Given data below:

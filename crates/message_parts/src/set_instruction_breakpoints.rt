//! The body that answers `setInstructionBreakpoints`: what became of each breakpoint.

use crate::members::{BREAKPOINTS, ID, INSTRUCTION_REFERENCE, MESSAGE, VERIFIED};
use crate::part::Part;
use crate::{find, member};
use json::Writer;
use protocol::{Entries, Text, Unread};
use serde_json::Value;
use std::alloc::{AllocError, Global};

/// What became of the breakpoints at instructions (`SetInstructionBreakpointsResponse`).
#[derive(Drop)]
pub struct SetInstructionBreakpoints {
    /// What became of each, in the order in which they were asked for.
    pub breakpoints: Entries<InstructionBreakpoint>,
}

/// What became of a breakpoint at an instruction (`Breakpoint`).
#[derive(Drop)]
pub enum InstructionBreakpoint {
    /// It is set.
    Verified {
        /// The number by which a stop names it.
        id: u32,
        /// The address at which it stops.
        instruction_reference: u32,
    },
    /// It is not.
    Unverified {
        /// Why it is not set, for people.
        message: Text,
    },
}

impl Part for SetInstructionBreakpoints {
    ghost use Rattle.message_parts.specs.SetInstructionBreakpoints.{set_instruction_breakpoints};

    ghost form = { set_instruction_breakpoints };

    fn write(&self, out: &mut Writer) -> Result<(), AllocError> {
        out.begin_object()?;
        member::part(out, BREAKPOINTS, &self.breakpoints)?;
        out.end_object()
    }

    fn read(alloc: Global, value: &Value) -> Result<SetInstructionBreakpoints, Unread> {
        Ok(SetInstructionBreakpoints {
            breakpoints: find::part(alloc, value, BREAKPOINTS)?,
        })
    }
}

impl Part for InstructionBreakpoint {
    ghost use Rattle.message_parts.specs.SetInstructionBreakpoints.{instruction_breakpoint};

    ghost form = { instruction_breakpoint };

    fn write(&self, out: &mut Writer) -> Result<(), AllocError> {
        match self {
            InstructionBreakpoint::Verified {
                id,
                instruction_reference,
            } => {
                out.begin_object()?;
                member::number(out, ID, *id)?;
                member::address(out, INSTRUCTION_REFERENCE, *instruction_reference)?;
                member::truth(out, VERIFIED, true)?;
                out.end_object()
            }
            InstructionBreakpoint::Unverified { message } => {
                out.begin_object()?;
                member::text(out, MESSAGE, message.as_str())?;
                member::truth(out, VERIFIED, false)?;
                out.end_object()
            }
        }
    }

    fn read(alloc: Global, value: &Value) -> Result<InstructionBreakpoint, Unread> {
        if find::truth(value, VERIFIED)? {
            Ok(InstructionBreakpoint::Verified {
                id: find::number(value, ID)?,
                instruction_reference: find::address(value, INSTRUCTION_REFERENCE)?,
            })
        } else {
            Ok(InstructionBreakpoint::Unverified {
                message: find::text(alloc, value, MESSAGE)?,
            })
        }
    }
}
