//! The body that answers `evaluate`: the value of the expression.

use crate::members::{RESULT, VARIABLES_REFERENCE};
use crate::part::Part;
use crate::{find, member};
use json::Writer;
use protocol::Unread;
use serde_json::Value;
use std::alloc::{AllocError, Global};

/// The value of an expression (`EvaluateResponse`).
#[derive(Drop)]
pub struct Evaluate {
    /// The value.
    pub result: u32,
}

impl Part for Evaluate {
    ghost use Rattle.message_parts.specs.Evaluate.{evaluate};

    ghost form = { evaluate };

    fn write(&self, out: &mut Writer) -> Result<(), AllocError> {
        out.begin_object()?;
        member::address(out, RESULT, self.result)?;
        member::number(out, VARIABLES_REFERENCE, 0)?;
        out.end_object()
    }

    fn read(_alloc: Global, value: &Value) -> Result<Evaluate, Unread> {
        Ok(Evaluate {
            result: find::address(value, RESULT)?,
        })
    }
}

End of Given data.

* [Your assignment] Please reproduce exactly the lines above, beginning with the first and ending with the line that contains "became of the", and include nothing outside that range.

* [Your solution]
filename crates/message_parts/src/set_instruction_breakpoints.rt
//! The body that answers `setInstructionBreakpoints`: what became of each breakpoint.

use crate::members::{BREAKPOINTS, ID, INSTRUCTION_REFERENCE, MESSAGE, VERIFIED};
use crate::part::Part;
use crate::{find, member};
use json::Writer;
use protocol::{Entries, Text, Unread};
use serde_json::Value;
use std::alloc::{AllocError, Global};

/// What became of the breakpoints at instructions (`SetInstructionBreakpointsResponse`).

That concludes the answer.